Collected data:
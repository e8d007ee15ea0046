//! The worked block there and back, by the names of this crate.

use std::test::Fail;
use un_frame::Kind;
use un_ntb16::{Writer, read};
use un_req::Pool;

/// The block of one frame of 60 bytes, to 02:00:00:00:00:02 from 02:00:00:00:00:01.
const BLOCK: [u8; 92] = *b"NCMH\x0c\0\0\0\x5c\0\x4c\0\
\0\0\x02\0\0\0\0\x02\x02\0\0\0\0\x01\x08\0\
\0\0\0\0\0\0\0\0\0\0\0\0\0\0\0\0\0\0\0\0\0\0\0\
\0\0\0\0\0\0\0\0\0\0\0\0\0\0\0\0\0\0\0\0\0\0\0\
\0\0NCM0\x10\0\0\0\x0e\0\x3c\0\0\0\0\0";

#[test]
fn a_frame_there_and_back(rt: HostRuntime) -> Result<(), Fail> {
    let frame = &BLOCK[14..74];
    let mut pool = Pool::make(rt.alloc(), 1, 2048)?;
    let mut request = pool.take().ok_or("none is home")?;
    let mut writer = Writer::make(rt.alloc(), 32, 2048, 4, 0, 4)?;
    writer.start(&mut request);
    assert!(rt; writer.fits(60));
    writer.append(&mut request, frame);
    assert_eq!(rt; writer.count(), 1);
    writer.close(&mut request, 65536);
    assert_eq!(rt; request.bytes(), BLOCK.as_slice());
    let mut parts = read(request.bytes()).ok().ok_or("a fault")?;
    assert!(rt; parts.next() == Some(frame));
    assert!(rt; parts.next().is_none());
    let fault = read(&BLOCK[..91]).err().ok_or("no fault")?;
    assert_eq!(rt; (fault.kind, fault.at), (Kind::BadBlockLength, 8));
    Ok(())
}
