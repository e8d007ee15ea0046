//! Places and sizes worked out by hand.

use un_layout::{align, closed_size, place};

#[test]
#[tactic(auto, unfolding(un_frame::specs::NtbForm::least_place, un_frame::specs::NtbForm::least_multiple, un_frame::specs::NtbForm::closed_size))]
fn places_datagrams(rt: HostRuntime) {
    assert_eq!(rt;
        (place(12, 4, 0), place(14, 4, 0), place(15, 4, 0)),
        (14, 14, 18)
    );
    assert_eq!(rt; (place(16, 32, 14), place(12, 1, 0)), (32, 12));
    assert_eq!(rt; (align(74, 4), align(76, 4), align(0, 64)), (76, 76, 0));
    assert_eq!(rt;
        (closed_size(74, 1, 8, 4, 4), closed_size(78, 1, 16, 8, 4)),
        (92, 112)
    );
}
...
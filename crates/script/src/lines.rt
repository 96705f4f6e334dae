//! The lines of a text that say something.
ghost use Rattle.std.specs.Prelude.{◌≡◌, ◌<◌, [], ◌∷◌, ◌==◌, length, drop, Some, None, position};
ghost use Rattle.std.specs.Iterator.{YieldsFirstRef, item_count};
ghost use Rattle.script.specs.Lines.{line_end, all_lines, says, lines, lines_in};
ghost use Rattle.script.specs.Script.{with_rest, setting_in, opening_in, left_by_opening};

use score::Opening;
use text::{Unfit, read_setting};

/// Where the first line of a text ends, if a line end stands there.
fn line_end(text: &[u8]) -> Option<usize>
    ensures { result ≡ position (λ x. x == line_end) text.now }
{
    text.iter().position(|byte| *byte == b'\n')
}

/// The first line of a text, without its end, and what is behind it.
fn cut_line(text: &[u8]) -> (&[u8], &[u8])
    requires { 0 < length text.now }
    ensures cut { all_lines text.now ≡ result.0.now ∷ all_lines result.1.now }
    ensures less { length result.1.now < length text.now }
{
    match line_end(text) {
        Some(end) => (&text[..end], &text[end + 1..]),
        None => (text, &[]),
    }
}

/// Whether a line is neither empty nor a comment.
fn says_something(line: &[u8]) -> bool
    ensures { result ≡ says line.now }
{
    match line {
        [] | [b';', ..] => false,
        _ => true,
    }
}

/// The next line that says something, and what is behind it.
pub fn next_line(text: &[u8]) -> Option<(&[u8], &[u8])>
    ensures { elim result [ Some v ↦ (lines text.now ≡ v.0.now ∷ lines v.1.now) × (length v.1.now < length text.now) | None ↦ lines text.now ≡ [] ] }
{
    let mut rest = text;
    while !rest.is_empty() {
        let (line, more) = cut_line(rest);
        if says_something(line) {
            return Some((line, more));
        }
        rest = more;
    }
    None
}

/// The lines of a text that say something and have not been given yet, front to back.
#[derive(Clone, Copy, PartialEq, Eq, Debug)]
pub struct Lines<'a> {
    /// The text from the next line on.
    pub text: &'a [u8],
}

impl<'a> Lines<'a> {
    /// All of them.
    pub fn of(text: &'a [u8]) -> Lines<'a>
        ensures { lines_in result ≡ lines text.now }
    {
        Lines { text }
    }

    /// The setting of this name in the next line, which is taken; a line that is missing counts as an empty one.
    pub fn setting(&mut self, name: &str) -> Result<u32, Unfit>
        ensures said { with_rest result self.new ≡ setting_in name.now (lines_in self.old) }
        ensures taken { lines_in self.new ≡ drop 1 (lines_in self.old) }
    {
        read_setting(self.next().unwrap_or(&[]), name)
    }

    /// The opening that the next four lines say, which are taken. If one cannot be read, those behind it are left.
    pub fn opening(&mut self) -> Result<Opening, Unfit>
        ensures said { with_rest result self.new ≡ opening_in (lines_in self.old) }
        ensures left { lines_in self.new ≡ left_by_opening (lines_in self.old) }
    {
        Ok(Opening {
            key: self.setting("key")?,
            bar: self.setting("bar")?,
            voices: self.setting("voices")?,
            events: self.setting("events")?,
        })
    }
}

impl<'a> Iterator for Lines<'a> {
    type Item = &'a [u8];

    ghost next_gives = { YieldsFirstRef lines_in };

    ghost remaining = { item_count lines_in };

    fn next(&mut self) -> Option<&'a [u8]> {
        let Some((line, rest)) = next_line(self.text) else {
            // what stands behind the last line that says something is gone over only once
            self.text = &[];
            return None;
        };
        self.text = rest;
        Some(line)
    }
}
* * *
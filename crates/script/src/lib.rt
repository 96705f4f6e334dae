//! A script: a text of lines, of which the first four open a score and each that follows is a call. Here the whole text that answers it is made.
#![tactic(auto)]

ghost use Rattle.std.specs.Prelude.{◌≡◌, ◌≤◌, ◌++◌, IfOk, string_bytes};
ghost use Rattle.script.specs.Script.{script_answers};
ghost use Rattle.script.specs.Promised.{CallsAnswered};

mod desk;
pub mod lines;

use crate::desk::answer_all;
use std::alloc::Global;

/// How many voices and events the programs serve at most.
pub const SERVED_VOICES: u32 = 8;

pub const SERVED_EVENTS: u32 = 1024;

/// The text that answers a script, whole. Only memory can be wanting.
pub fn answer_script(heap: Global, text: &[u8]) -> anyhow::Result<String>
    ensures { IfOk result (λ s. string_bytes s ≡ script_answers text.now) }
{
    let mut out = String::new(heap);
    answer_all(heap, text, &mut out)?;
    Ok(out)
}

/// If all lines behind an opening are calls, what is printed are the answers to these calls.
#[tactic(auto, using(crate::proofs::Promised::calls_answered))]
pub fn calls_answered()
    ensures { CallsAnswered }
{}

Task to complete:
Output the lines of the records above exactly as they appear, from the line containing "end, and what is behind it." through the line containing "pub fn next_line(text: &[u8])".

Output for this task:
/// The first line of a text, without its end, and what is behind it.
fn cut_line(text: &[u8]) -> (&[u8], &[u8])
    requires { 0 < length text.now }
    ensures cut { all_lines text.now ≡ result.0.now ∷ all_lines result.1.now }
    ensures less { length result.1.now < length text.now }
{
    match line_end(text) {
        Some(end) => (&text[..end], &text[end + 1..]),
        None => (text, &[]),
    }
}

/// Whether a line is neither empty nor a comment.
fn says_something(line: &[u8]) -> bool
    ensures { result ≡ says line.now }
{
    match line {
        [] | [b';', ..] => false,
        _ => true,
    }
}

/// The next line that says something, and what is behind it.
pub fn next_line(text: &[u8]) -> Option<(&[u8], &[u8])>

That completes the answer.